_WORK REQUIRED_
Begin at the line below that has "use crate::numbers::number_in;" and stop after the line that has "fn member(w: &[u8], lowest: u64)". Please restate only those lines, word for word.

_RECORDS_
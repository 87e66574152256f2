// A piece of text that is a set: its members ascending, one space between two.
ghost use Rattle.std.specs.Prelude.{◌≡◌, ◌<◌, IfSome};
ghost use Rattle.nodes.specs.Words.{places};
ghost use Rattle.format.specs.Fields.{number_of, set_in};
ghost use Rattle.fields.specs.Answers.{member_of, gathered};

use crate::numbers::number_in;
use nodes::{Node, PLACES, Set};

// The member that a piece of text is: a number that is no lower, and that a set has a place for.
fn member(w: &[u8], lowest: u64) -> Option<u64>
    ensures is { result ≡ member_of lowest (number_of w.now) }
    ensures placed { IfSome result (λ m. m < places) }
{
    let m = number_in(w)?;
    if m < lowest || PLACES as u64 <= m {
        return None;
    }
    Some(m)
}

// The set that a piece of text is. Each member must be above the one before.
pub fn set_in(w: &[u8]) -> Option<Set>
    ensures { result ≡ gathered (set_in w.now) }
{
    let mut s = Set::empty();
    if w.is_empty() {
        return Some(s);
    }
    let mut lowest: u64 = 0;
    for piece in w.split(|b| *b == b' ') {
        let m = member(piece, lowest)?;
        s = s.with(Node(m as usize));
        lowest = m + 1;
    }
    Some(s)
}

---

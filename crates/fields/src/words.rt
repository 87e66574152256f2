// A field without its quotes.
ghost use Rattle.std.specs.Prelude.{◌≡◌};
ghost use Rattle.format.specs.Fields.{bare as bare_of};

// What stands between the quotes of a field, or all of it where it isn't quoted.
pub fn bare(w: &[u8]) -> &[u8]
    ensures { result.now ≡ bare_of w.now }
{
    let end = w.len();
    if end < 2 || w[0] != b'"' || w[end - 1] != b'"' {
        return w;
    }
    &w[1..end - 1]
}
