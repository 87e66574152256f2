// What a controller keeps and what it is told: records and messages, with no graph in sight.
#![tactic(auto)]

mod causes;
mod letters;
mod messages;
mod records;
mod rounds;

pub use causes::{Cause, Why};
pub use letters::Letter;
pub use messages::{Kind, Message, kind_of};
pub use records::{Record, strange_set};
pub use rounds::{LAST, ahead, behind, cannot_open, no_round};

_EXERCISE SOLUTION_
use crate::numbers::number_in;
use nodes::{Node, PLACES, Set};

// The member that a piece of text is: a number that is no lower, and that a set has a place for.
fn member(w: &[u8], lowest: u64) -> Option<u64>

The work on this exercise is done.